怪しい羊と迷えるオオカミ'S【完】
「おい、膝枕とか10年早ぇよって何でお前にしてやってんだよ」
「あたし、枕って硬い方がスキなの。ここのクッション軟らかすぎるからこれが一番ちょうどいい」
冗談でも何でもない。
こいつは、マジだ。
マジで俺を硬い枕だと言ってる。
「お前さ…男いる時もいつもこんなかよ」
「まさか。女やるの疲れちゃってさ。
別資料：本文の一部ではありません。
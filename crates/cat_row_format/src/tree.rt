//! The trees whose compact texts are the values of rows.
ghost use Rattle.std.specs.Prelude.{◌≡◌, IfOk, OnOk, None, [], ◌∷◌, codes};
ghost use Rattle.cat_tree.specs.View.{data_of};
ghost use Rattle.cat_tree.specs.Edit.{with_key};
ghost use Rattle.cat_row_format.specs.Spelled.{IsRef, IsNamed, OffersNamed, OutputNamed};
ghost use Rattle.cat_row_format.specs.Text as text;

use crate::names::rule_text;
use crate::row::{OrphanRule, StoredOffer, StoredOutput, StoredRow};
use cat_stitch::issues::{issue_name_text, level_text};
use cat_stitch::make::{empty_map, with_words, words};
use cat_tree::clone::copy;
use cat_tree::edit::with_key;
use cat_tree::tree::{Tree, Trees};
use cat_types::issue::Issue;
use cat_types::node::Node;
use cat_types::reference::Ref;
use std::alloc::{AllocError, Global};

// A number as a tree.
fn number(value: u64) -> Tree
    ensures { data_of result ≡ text.number value }
{
    Tree::Whole(value as i128)
}

// The map with a number at the key; another tree stays as it is.
fn with_number(alloc: Global, tree: Tree, key: &str, value: u64) -> Result<Tree, AllocError>
    ensures { IfOk result (λ t. data_of t ≡ with_key key.now (text.number value) (data_of tree)) }
{
    with_key(alloc, tree, key, number(value))
}

// The map with a copy of a tree at the key; another tree stays as it is.
fn with_node(alloc: Global, tree: Tree, key: &str, node: &Node) -> Result<Tree, AllocError>
    ensures { IfOk result (λ t. data_of t ≡ with_key key.now node.now (data_of tree)) }
{
    let value = copy(alloc, node.tree())?;
    with_key(alloc, tree, key, value)
}

// The tree of an issue.
fn issue_tree(alloc: Global, issue: &Issue) -> Result<Tree, AllocError>
    ensures { IfOk result (λ t. data_of t ≡ text.issue_data issue.now) }
{
    let tree = with_words(alloc, empty_map(alloc), "level", level_text(issue.level))?;
    let tree = with_words(alloc, tree, "message", issue.message.as_str())?;
    with_words(alloc, tree, "name", issue_name_text(issue.name))
}

// The tree of issues, a list in their order.
fn issues_tree(alloc: Global, issues: &[Issue]) -> Result<Tree, AllocError>
    ensures { IfOk result (λ t. data_of t ≡ text.listed text.issue_data issues.now) }
{
    let mut items = Vec::with_capacity(alloc, issues.len())?;
    for issue in issues {
        items.push(issue_tree(alloc, issue)?)?;
    }
    Ok(Tree::List(Trees::from_vec(items)))
}

// The reference names itself.
fn named(reference: &Ref)
    ensures { IsRef reference.now }
{
    reference.parses_back();
}

// The tree of an offer by arrival, key and reference.
fn bare_offer_tree(alloc: Global, offer: &StoredOffer) -> Result<Tree, AllocError>
    ensures data { IfOk result (λ t. data_of t ≡ text.offer_data (record offer.now { tree = None })) }
{
    let tree = with_number(alloc, empty_map(alloc), "arrival", offer.arrival)?;
    let tree = with_words(alloc, tree, "key", offer.key.as_str())?;
    with_words(alloc, tree, "ref", offer.reference.as_str())
}

// The tree of an offer.
fn offer_tree(alloc: Global, offer: &StoredOffer) -> Result<Tree, AllocError>
    ensures data { IfOk result (λ t. data_of t ≡ text.offer_data offer.now) }
    ensures named { IsRef offer.now.reference }
{
    named(&offer.reference);
    let tree = bare_offer_tree(alloc, offer)?;
    match &offer.tree {
        Some(node) => with_node(alloc, tree, "tree", node),
        None => Ok(tree),
    }
}

// The tree of offers, a list in their order.
fn offers_tree(alloc: Global, offers: &[StoredOffer]) -> Result<Tree, AllocError>
    ensures data { IfOk result (λ t. data_of t ≡ text.listed text.offer_data offers.now) }
    ensures named { OnOk result (OffersNamed offers.now) }
{
    let mut items = Vec::with_capacity(alloc, offers.len())?;
    for offer in offers {
        items.push(offer_tree(alloc, offer)?)?;
    }
    Ok(Tree::List(Trees::from_vec(items)))
}

// The tree of what a record gave last.
fn output_tree(alloc: Global, output: &StoredOutput) -> Result<Tree, AllocError>
    ensures data { IfOk result (λ t. data_of t ≡ text.output_data output.now) }
    ensures named { OnOk result (OffersNamed output.now.offers) }
{
    let tree = with_node(alloc, empty_map(alloc), "entity", &output.entity)?;
    let offers = offers_tree(alloc, output.offers.as_slice())?;
    with_key(alloc, tree, "offers", offers)
}

// The tree of what a record gave last, if it gave anything.
fn kept_tree(alloc: Global, output: &Option<StoredOutput>) -> Result<Tree, AllocError>
    ensures data { IfOk result (λ t. data_of t ≡ text.kept_data output.now) }
    ensures named { OnOk result (OutputNamed output.now) }
{
    match output {
        Some(output) => output_tree(alloc, output),
        None => Ok(Tree::Null),
    }
}

// The tree of a record.
fn record_tree(
    alloc: Global,
    holder: u64,
    issues: &[Issue],
    value: u64,
    output: Tree,
) -> Result<Tree, AllocError>
    ensures { IfOk result (λ t. data_of t ≡ text.object (
        (codes "holder", text.number holder)
        ∷ (codes "issues", text.listed text.issue_data issues.now)
        ∷ (codes "number", text.number value)
        ∷ (codes "output", data_of output)
        ∷ [])) }
{
    let tree = with_number(alloc, empty_map(alloc), "holder", holder)?;
    let issues = issues_tree(alloc, issues)?;
    let tree = with_key(alloc, tree, "issues", issues)?;
    let tree = with_number(alloc, tree, "number", value)?;
    with_key(alloc, tree, "output", output)
}

// The tree of an item without its own.
fn item_tree(alloc: Global, arrival: u64, key: &str) -> Result<Tree, AllocError>
    ensures { IfOk result (λ t. data_of t ≡ text.given_data arrival key.now None) }
{
    let tree = with_number(alloc, empty_map(alloc), "arrival", arrival)?;
    with_words(alloc, tree, "key", key)
}

// The tree of an orphan.
fn orphan_tree(alloc: Global, entity: &Node, value: u64) -> Result<Tree, AllocError>
    ensures { IfOk result (λ t. data_of t ≡ text.object (
        (codes "entity", entity.now) ∷ (codes "number", text.number value) ∷ [])) }
{
    let tree = with_node(alloc, empty_map(alloc), "entity", entity)?;
    with_number(alloc, tree, "number", value)
}

// The tree of the settings.
fn settings_tree(alloc: Global, rule: OrphanRule) -> Result<Tree, AllocError>
    ensures { IfOk result (λ t. data_of t ≡ text.row_data (StoredRow.Settings rule)) }
{
    let tree = with_words(alloc, empty_map(alloc), "orphans", rule_text(rule))?;
    with_number(alloc, tree, "version", 2)
}

/// The tree whose compact text is the value of a row. The error is want of memory.
pub fn row_tree(alloc: Global, row: &StoredRow) -> Result<Tree, AllocError>
    ensures data { IfOk result (λ t. data_of t ≡ text.row_data row.now) }
    ensures named { OnOk result (IsNamed row.now) }
{
    match row {
        StoredRow::Counter(_, next) => Ok(number(*next)),
        StoredRow::Provider { serial, .. } => {
            with_number(alloc, empty_map(alloc), "serial", *serial)
        }
        StoredRow::Item {
            reference,
            arrival,
            key,
            ..
        } => {
            named(reference);
            item_tree(alloc, *arrival, key.as_str())
        }
        StoredRow::Shelf { body, .. } => words(alloc, body.as_str()),
        StoredRow::Record {
            reference,
            holder,
            issues,
            number,
            output,
        } => {
            named(reference);
            let output = kept_tree(alloc, output)?;
            record_tree(alloc, *holder, issues.as_slice(), *number, output)
        }
        StoredRow::Orphan {
            reference,
            entity,
            number,
        } => {
            named(reference);
            orphan_tree(alloc, entity, *number)
        }
        StoredRow::Settings(rule) => settings_tree(alloc, *rule),
        StoredRow::Tree { tree, .. } => copy(alloc, tree.tree()),
        StoredRow::ItemOne {
            reference,
            arrival,
            key,
            tree,
            ..
        } => {
            named(reference);
            let map = item_tree(alloc, *arrival, key.as_str())?;
            with_node(alloc, map, "tree", tree)
        }
        StoredRow::RecordOne {
            reference,
            holder,
            issues,
            number,
            output,
        } => {
            named(reference);
            let output = output_tree(alloc, output)?;
            record_tree(alloc, *holder, issues.as_slice(), *number, output)
        }
    }
}
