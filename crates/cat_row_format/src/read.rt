//! From texts to a row.
ghost use Rattle.std.specs.Prelude.{◌≡◌, ◌↔◌, ◌≤◌, ◌&&◌, IfOk, OnOk, IsErrOf, IsTrue};
ghost use Rattle.std.specs.List.{list_all};
ghost use Rattle.cat_tree.specs.Ask.{depth_of};
ghost use Rattle.cat_tree.specs.Data.{Data};
ghost use Rattle.cat_tree.specs.Proper.{IsNarrow};
ghost use Rattle.cat_tree.specs.Read.{ReadsAs};
ghost use Rattle.cat_tree.specs.Text.{text_of};
ghost use Rattle.cat_tree.specs.View.{data_of};
ghost use Rattle.cat_row_format.specs.Formed as formed;
ghost use Rattle.cat_row_format.specs.Spelled.{IsNamed, IsSpelling};
ghost use Rattle.cat_row_format.specs.Text as text;
ghost use Rattle.cat_row_format.specs.declared.row.StoredRow.{StoredRow};

use crate::parse::row_in;
use crate::row::{RowFault, StoredOffer, StoredOutput, StoredRow};
use crate::tree::row_tree;
use crate::write::{row_key, row_table};
use cat_keeper::table::Table;
use cat_tree::ask::{depth, same};
use cat_tree::read::{TreeFault, read};
use cat_tree::tree::Tree;
use cat_tree::write::write;
use cat_types::names::{is_name, is_shelf_name};
use std::alloc::{AllocError, Global};

const MOST_DEPTH: u64 = 127;

// The tree of a value.
fn value_tree(alloc: Global, value: &str) -> Result<Tree, RowFault>
    ensures ok { IfOk result (λ t. ReadsAs value.now (data_of t)) }
    ensures narrow { IfOk result (λ t. IsNarrow (data_of t)) }
    ensures depth { IfOk result (λ t. depth_of (data_of t) ≤ 127) }
    ensures bad { IsErrOf result RowFault.BadRow → (d : Data) → ReadsAs value.now d → depth_of d ≤ 127 → ⊥ }
{
    match read(alloc, value.as_bytes()) {
        Ok(tree) => {
            if depth(&tree) <= MOST_DEPTH {
                Ok(tree)
            } else {
                Err(RowFault::BadRow)
            }
        }
        Err(TreeFault::NoMemory) => Err(RowFault::NoMemory),
        Err(_) => Err(RowFault::BadRow),
    }
}

fn are_bare(output: &Option<StoredOutput>) -> bool
    ensures { result ≡ formed.are_bare output.now }
{
    match output {
        Some(output) => lack_trees(output.offers.as_slice()),
        None => true,
    }
}

fn lack_trees(offers: &[StoredOffer]) -> bool
    ensures { result ≡ list_all formed.lacks_tree offers.now }
{
    offers.iter().all(|offer| offer.tree.is_none())
}

fn have_trees(offers: &[StoredOffer]) -> bool
    ensures { result ≡ formed.is_any offers.now && list_all formed.has_tree offers.now }
{
    !offers.is_empty() && all_have_trees(offers)
}

fn all_have_trees(offers: &[StoredOffer]) -> bool
    ensures { result ≡ list_all formed.has_tree offers.now }
{
    offers.iter().all(|offer| offer.tree.is_some())
}

/// Whether the names of a row have their forms, and its offers have their trees where its version has them.
pub fn is_formed(row: &StoredRow) -> bool
    ensures { result ≡ formed.is_formed row.now }
{
    match row {
        StoredRow::Counter(..) | StoredRow::Orphan { .. } | StoredRow::Settings(_) => true,
        StoredRow::Provider { name, .. } => is_name(name.as_str()),
        StoredRow::Item { provider, .. } | StoredRow::ItemOne { provider, .. } => {
            is_name(provider.as_str())
        }
        StoredRow::Shelf { name, .. } => is_shelf_name(name.as_str()),
        StoredRow::Record { output, .. } => are_bare(output),
        StoredRow::Tree { arrival, .. } => *arrival <= u64::MAX,
        StoredRow::RecordOne { output, .. } => have_trees(output.offers.as_slice()),
    }
}

// Whether this is the row's key.
fn has_key(alloc: Global, row: &StoredRow, key: &str) -> Result<bool, AllocError>
    ensures { IfOk result (λ b. IsTrue b ↔ (key.now ≡ text.row_key row.now)) }
{
    let own = row_key(alloc, row)?;
    Ok(own.as_str() == key)
}

// Whether this is the row's tree.
fn has_tree(alloc: Global, row: &StoredRow, tree: &Tree) -> Result<bool, AllocError>
    ensures ok { IfOk result (λ b. IsTrue b ↔ (data_of tree.now ≡ text.row_data row.now)) }
    ensures named { OnOk result (IsNamed row.now) }
{
    let own = row_tree(alloc, row)?;
    Ok(same(tree, &own))
}

// Whether this is the tree's compact text.
fn has_text(alloc: Global, tree: &Tree, value: &str) -> Result<bool, AllocError>
    ensures { IfOk result (λ b. IsTrue b ↔ (value.now ≡ text_of (data_of tree.now))) }
{
    let mut out = Vec::new(alloc);
    write(alloc, tree, &mut out)?;
    Ok(out.as_slice() == value.as_bytes())
}

// Whether these are the row's texts, the tree being that of the value.
fn has_texts(
    alloc: Global,
    row: &StoredRow,
    table: Table,
    key: &str,
    tree: &Tree,
    value: &str,
) -> Result<bool, AllocError>
    ensures ok { IfOk result (λ b. IsTrue b ↔ ((table ≡ text.row_table row.now) × (key.now ≡ text.row_key row.now)
        × (data_of tree.now ≡ text.row_data row.now) × (value.now ≡ text_of (data_of tree.now)))) }
    ensures named { OnOk result (IsNamed row.now) }
{
    let has_key = has_key(alloc, row, key)?;
    let has_tree = has_tree(alloc, row, tree)?;
    let has_text = has_text(alloc, tree, value)?;
    Ok(row_table(row) == table && has_key && has_tree && has_text)
}

/// The row that is spelled by these texts: no other row is. `BadRow` comes exactly where they are not the spelling of a row.
pub fn read_row(alloc: Global, table: Table, key: &str, value: &str) -> Result<StoredRow, RowFault>
    ensures ok { IfOk result (λ row. IsSpelling row table key.now value.now) }
    ensures alone { IfOk result (λ row. (other : StoredRow) → IsSpelling other table key.now value.now → other ≡ row) }
    ensures bad { IsErrOf result RowFault.BadRow → (row : StoredRow) → ¬ IsSpelling row table key.now value.now }
{
    let tree = value_tree(alloc, value)?;
    let row = row_in(alloc, table, key, &tree)?;
    if has_texts(alloc, &row, table, key, &tree, value)? && is_formed(&row) {
        Ok(row)
    } else {
        Err(RowFault::BadRow)
    }
}
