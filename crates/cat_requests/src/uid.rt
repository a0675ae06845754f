//! Numbers of unique ids.
ghost use Rattle.std.specs.Prelude.{◌≡◌, ◌^◌, ◌<◌, ◌≤◌, length, true};
ghost use Rattle.std.specs.List.{list_all};
ghost use Rattle.cat_requests.specs.Uids as spec;

const PREFIX: &[u8] = b"00000000-0000-8000-8";

fn is_hex(byte: u8) -> bool
    ensures { result ≡ spec.is_hex byte }
{
    byte.is_ascii_digit() || (byte >= b'a' && byte <= b'f')
}

fn are_hex(bytes: &[u8]) -> bool
    ensures { result ≡ list_all spec.is_hex bytes.now }
{
    bytes.iter().all(|byte| is_hex(*byte))
}

// The value of a hexadecimal digit.
fn hex_digit(byte: u8) -> u64
    requires { spec.is_hex byte ≡ true }
    ensures value { result ≡ spec.hex_digit byte }
    ensures small { result < 16 }
{
    if byte < b':' {
        (byte - b'0') as u64
    } else {
        (byte - b'a') as u64 + 10
    }
}

// The number that hexadecimal digits write.
fn hex_value(digits: &[u8]) -> u64
    requires hex { list_all spec.is_hex digits.now ≡ true }
    requires short { length digits.now ≤ 12 }
    ensures value { result ≡ spec.hex_value digits.now }
    ensures below { result < 16 ^ length digits.now }
{
    let mut number: u64 = 0;
    for digit in digits {
        number = number * 16 + hex_digit(*digit);
    }
    number
}

// Whether the text has the form of a unique id.
fn is_uid(bytes: &[u8]) -> bool
    ensures value { result ≡ spec.is_uid bytes.now }
    ensures long { result ≡ true → length bytes.now ≡ 36 }
{
    bytes.len() == 36
        && &bytes[..20] == PREFIX
        && are_hex(&bytes[20..23])
        && bytes[23] == b'-'
        && are_hex(&bytes[24..36])
}

/// The number that a text is the unique id of, if it is one.
#[tactic(auto, unfolding(crate::specs::Uids::number_of_uid))]
pub fn number_of_uid(text: &str) -> Option<u64>
    ensures { result ≡ spec.number_of_uid text.now }
{
    let bytes = text.as_bytes();
    if !is_uid(bytes) {
        return None;
    }
    let high = hex_value(&bytes[20..23]);
    let low = hex_value(&bytes[24..36]);
    Some(high * (1 << 48) + low)
}
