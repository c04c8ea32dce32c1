// The logs as text.
ghost use Rattle.std.specs.Prelude.{◌≡◌, ◌++◌, ◌<◌, ℕ, List, length, reverse, IfOk, OnOk};
ghost use Rattle.pipe_graph.specs.Graph.{Graph};
ghost use Rattle.pipe_model.specs.declared.record.Record.{Record};
ghost use Rattle.pipe_model.specs.Collected.{entries, AreLogs, AreLogsOf};
ghost use Rattle.pipe_text_log.specs.LogText.{service_text, host_text, hosts_text, log_text};

use pipe_base::{Entry, List, NoMemory, Service};
use pipe_model::{Log, Trace, collect_logs};
use pipe_text::{Text, print_log_head, print_log_line};
use pipe_topo::{NodeNames, Topology};
use std::alloc::Global;

fn print_service(
    out: &mut Vec<u8>,
    names: &NodeNames,
    host: u16,
    service: Service,
    log: &[&Entry],
) -> Result<(), NoMemory>
    ensures { OnOk result (out.new.items ≡ out.old.items ++ service_text names.now host service (entries log.now)) }
{
    print_log_head(out, names.name(host), service, log.len())?;
    'entries: for entry in log {
        print_log_line(
            out,
            entry.key.ts,
            names.name(entry.key.src.0),
            entry.body.bytes(),
        )?;
    }
    Ok(())
}

fn print_host(
    out: &mut Vec<u8>,
    names: &NodeNames,
    host: u16,
    log: &Log<'_>,
) -> Result<(), NoMemory>
    ensures { OnOk result ((graph : Graph) (past : List Record) → AreLogsOf graph past host log.now
        → out.new.items ≡ out.old.items ++ host_text names.now graph past host) }
{
    print_service(out, names, host, Service::BestEffort, log.best.as_slice())?;
    print_service(out, names, host, Service::Reliable, log.reliable.as_slice())
}

fn print_hosts(
    out: &mut Vec<u8>,
    names: &NodeNames,
    hosts: u16,
    all: &[Log<'_>],
) -> Result<(), NoMemory>
    requires { length all.now ≡ hosts }
    ensures { OnOk result ((graph : Graph) (past : List Record) → AreLogs graph hosts past all.now
        → out.new.items ≡ out.old.items ++ hosts_text names.now graph past hosts) }
{
    'hosts: for host in 0..hosts {
        print_host(out, names, host, &all[usize::from(host)])?;
    }
    Ok(())
}

/// The logs of all hosts over a trace of the network, in one pass over the trace.
pub fn print_logs(
    alloc: Global,
    names: &NodeNames,
    topology: &Topology,
    trace: &Trace,
) -> Result<Text, NoMemory>
    ensures { IfOk result (λ text. text ≡ log_text names.now topology.now (reverse trace.now)) }
{
    let hosts = topology.hosts();
    let all = collect_logs(alloc, topology.ends(), hosts, trace)?;
    let mut out = Vec::new(alloc);
    print_hosts(&mut out, names, hosts, &all)?;
    Ok(List::from_vec(out))
}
ここにいると女しなくていいしご飯食べられるし話し相手いるし」
おい、ここはお前の便利ステーションじゃねぇぞ。
パコンと額を叩いたって手の甲を額に2,3度往復させて何事もなかったようにテレビを見ている。
「座敷王子も男やめてるし同じでしょ」
「やめてねーよ」
「うそ~ん」
嘘じゃねぇって。
足をグラグラと揺らすと不快そうに起き上がり
「美祈がいる時といない時じゃ言葉使いも違うって知ってた?」
「そりゃあいつは部下だ」
「その理由は承認しよう」
生意気にもそういうと俺の右手を取って掌にスタンプを押す真似だ。
これ、流行ってんのか?
こいつだけか?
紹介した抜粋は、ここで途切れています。